Not meeting our goals goes from “bad” to terrible or even a personal catastrophe.
Instead, we could all learn that if we don’t reach our goals probably little is going to change in our lives.
And the things we must absolutely have are, most likely, none.
#5. Do You Need Self-Esteem At All?
Burkeman challenges the idea that high self-esteem is anything to strive for.
Assigning yourself a high rating also means that tomorrow you could assign yourself a negative one.
And, furthermore, should you even recognize yourself as a separate entity from the rest of the world?
Is that good for you?
It could be much better to rate your performance but without referring that performance back to you.
Bad performance or good performance should have nothing to do with your self-esteem.
A Case For Not Having A Self At All
The main idea here is that we all think of “I” as our thinking brain. But we are not out thoughts.
And when we can step back we can become one with the universe and, as Tolle says, using our brain (instead of being used and controlled by it).
Removing your ego from the equation eventually leads to the ability of not taking things personally and, as Ray Dalio advises in Principles, the ability to look at yourself from above, as a machine.
#6. The Emptiness of Our Immortality Projects
This section of The Antidote was for the best and most enlightening.
The author says that all religions, political projects and wars are our attempts at immortality.
Whenever mortality was made salient, people would agree more with Bush’s Iraq invasion and were more likely to vote for Bush (Ogilvie et al, 2005).
When reminded of death people become more supportive of immortality projects such as:
- Acts of heroism
- Moralistic punishments
- Less sharing and trusting
- More hoarding
- Support for totalitarian charismatic leaders
This section was enlightening and it opened new doors for better understanding social psychology and people.

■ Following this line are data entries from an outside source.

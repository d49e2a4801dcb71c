//! The memory that parses use one after another: what the first stage lists, and the stack of the
//! second.
ghost use Rattle.std.specs.Prelude.{◌≡◌, ◌≤◌, ◌<◌, ◌⊎◌, [], length, OnOk, OnErr, IfOk, IfErr, Some};
ghost use Rattle.simd_json.specs.Capacities.{HoldsScan, KeepsCapacities, ListsSame, capacity};
ghost use Rattle.simd_json.specs.Capacities.{new_buffers, with_room};
ghost use Rattle.simd_json_stages.specs.Capacities.{IsOutOfMemory, LacksMemory, capped};
ghost use Rattle.simd_json_stages.specs.Capacities.{default_max_depth};
ghost use Rattle.simd_json_parts.specs.InputFaults.{input_fault};

use crate::DEFAULT_MAX_DEPTH;
use simd_json_parts::error::Result;
use simd_json_stages::stage1::lengthen;
use simd_json_stages::stage2::StackState;
use simd_json_stages::{FEW_OPEN, Index};
use std::alloc::{Allocator, Global};
use std::marker::Model;

/// The memory that parses use one after another, and their depth limit: the lists of the structural
/// indexes and of the blocks that hold a backslash, and the stack of the open containers.
///
/// Each list grows by what an input needs, and never shrinks. What buffers held before does not
/// change a result.
#[derive(Drop)]
pub struct Buffers<A: Allocator = Global> {
    // the structural indexes, and the blocks that hold a backslash
    pub(crate) index: Index<A>,
    // the stack of the second stage, in use only during a parse
    pub(crate) stack: Vec<StackState, A>,
    // a stack for a few containers, in place of one that is too short, so that a parse of a short
    // input allocates none
    pub(crate) few: [StackState; FEW_OPEN],
    // how many containers may be open at a time
    pub(crate) max_depth: usize,
}

impl<A: Allocator> Model for Buffers<A> {
    ghost use Rattle.std.specs.Prelude.{length};
    ghost use Rattle.simd_json.specs.Capacities.{Capacities};

    ghost Value = { Capacities };

    ghost view = { λ b. record {
      index = b.index;
      limit = b.max_depth;
      stack_capacity = length b.stack.items;
    } };
}

impl<A: Allocator + Copy> Buffers<A> {
    /// Returns buffers with which at most [`DEFAULT_MAX_DEPTH`] containers may be open at a time.
    /// See [`with_max_depth`](Buffers::with_max_depth).
    pub fn new(a: A, input_len: usize) -> Result<Buffers<A>>
        ensures made { IfOk result
            (λ buffers. buffers ≡ new_buffers input_len default_max_depth) }
        ensures fault { IfErr result (λ e. IsOutOfMemory e × (0 < input_len)) }
    {
        Buffers::with_max_depth(a, input_len, DEFAULT_MAX_DEPTH)
    }

    /// Returns buffers with which at most `max_depth` containers may be open at a time; 0 allows
    /// scalars only.
    ///
    /// They list no structural index. They have capacity for those that an input of `input_len`
    /// bytes may have (more than 4,294,967,295 count as that number, the greatest size of an
    /// input), and none for open containers yet: the depth limit costs nothing before an input is
    /// as deep. `input_len` is a hint, and may be 0: a parse allocates what an input needs beyond
    /// it.
    ///
    /// Returns `OutOfMemory` if an allocation fails.
    pub fn with_max_depth(a: A, input_len: usize, max_depth: usize) -> Result<Buffers<A>>
        ensures made { IfOk result (λ buffers. buffers ≡ new_buffers input_len max_depth) }
        ensures fault { IfErr result (λ e. IsOutOfMemory e × (0 < input_len)) }
    {
        let mut buffers = Buffers::empty(a, max_depth);
        buffers.index.reserve(input_len)?;
        Ok(buffers)
    }

    /// Returns buffers with which at most `max_depth` containers may be open at a time, and which
    /// hold no memory yet. They list no structural index. A parse allocates what an input needs.
    ///
    /// ```
    /// use simd_json::{Buffers, to_tape_with_buffers};
    ///
    /// // Whether the bytes are read as a document with at most two containers open at a time.
    /// fn is_shallow(rt: &impl AllocGlobal, input: &mut [u8]) -> bool {
    ///     let mut buffers = Buffers::empty(rt.alloc(), 2);
    ///     to_tape_with_buffers(input, &mut buffers).is_ok()
    /// }
    /// ```
    pub fn empty(a: A, max_depth: usize) -> Buffers<A>
        ensures { result ≡ new_buffers 0 max_depth }
    {
        Buffers {
            index: Index::empty(a),
            stack: Vec::new(a),
            few: [StackState::EMPTY; FEW_OPEN],
            max_depth,
        }
    }
}

impl<A: Allocator> Buffers<A> {
    /// Returns the structural indexes of the input that was read last: the byte index of the
    /// opening quote of each string and, outside strings, of each structural character and of the
    /// first byte of each other token. In ascending order.
    ///
    /// Empty before the first parse, and after one that returned an error without a character.
    pub fn structural_indexes(&self) -> &[u32]
        ensures { result.now ≡ self.now.index.listed }
    {
        self.index.structural_indexes()
    }

    /// Returns how many containers may be open at a time.
    pub fn max_depth(&self) -> usize
        ensures { result ≡ self.now.limit }
    {
        self.max_depth
    }

    /// Reserves capacity for inputs of up to `input_len` bytes (more than 4,294,967,295 count as
    /// that number): for their structural indexes, and for as many open containers as they can have
    /// within the depth limit.
    ///
    /// With as much capacity on the tape, which [`reserve`](crate::reserve) sees to, no parse of
    /// such an input returns `OutOfMemory`, however many follow. The structural indexes that are
    /// listed stay.
    ///
    /// Returns `OutOfMemory` if an allocation fails; what capacity has been reserved by then stays.
    pub fn reserve(&mut self, input_len: usize) -> Result<()>
        ensures capacity { OnOk result (capped input_len ≤ capacity self.new) }
        ensures exact { OnOk result (self.new ≡ with_room (capped input_len) self.old) }
        ensures kept { KeepsCapacities self.old self.new }
        ensures same { ListsSame self.old self.new }
        ensures fault { IfErr result
            (λ e. IsOutOfMemory e × (capacity self.old < capped input_len)) }
    {
        self.index.reserve(input_len)?;
        let open = input_len.min(u32::MAX as usize).min(self.max_depth);
        lengthen(&mut self.stack, open, StackState::EMPTY)?;
        Ok(())
    }

    // Empties what is listed, and keeps its capacity.
    pub(crate) fn clear(&mut self)
        ensures { self.new ≡ record self.old {
          index = record self.old.index { listed = []; escapes = [] };
        } }
    {
        self.index.clear();
    }

    // Lists the structural indexes of the input and its blocks that hold a backslash, and reserves
    // capacity for the containers that they can open within the limit, if these are more than
    // `FEW_OPEN`. Returns the error of the whole input, or `OutOfMemory` if an allocation fails,
    // and lists nothing then.
    pub(crate) fn find_positions(&mut self, input: &[u8]) -> Result<()>
        ensures found { OnOk result (HoldsScan input.now self.new) }
        ensures empty { OnErr result (self.new.index.listed ≡ []) }
        ensures limit { self.new.limit ≡ self.old.limit }
        ensures kept { KeepsCapacities self.old self.new }
        ensures fault { IfErr result (λ e. (input_fault input.now ≡ Some e)
            ⊎ (LacksMemory input.now e × (capacity self.old < length input.now))) }
    {
        self.index.scan(input)?;
        let positions = self.index.scanned().structural_indexes.len();
        let open = positions.min(self.max_depth);
        if open > FEW_OPEN
            && let Err(e) = lengthen(&mut self.stack, open, StackState::EMPTY)
        {
            self.index.clear();
            return Err(e.into());
        }
        Ok(())
    }
}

#7. Don’t Throw The Baby With The Bath Water
The author says that a path from negativity is not always best and optimism is wonderful.
Goal-setting and visualization are also helpful. But we shouldn’t overvalue the power of positivity and undervalue the power of acceptance.
More Golden Nuggets
- Everyone loves to say that “there is a lot of insecurity in the world”, except that everyone said that in every era
- We exaggerate the threats to our lives: staying home sitting on the couch might be more dangerous than traveling for our long-term health
- When you have no options to achieve anything you’re also not misled by the idea that only by achieving them you’ll be happy
- Setting goals can be harmful if we become fixated on them
I really enjoyed The Antidote, and I think it could have even been even better if it were not for:
- Disjointed & off-topic stories
Some of the topics felt like they didn’t belong to the narrative of the book. The airport security checks, for example, felt like it didn’t belong and, albeit interesting, it didn’t add value to the main argument.
Or how about the critic to The Millionaire Next Door, which the author says fell into the trap of correlation is not causation?
He is right, but it felt like it was too big of an off-shoot from the book core “mission”.
- Some of the evidence say little
The author implies that self-help helps little because the countries where self-help sells the most are not the happiest countries.
But that says little and is no proof of anything.
- Vulnerability & happiness, I missed the connection
The author introduces Brene Brown, author of Daring Greatly, and her concept of vulnerability.
But I missed the connection between vulnerability and happiness, especially in the example that inhabitants of poor slums (Kibera in the book).
The author seems to suggest that people in Kibera are happier because they are vulnerable.
But that didn’t make sense to me.
The Antidote Review
I like the main idea behind The Antidote is, which is to put the self-help under much-needed scientific scrutiny.
I like it so much indeed that I have done so myself and you can check my article self-help myths for the most updated wrong claims from self-help.
Ultimately, I can highly recommend “The Antidote” to anyone who’s into self-help and to anyone who appreciates a more scientific, well-researched approach to self-help (which should be anyone).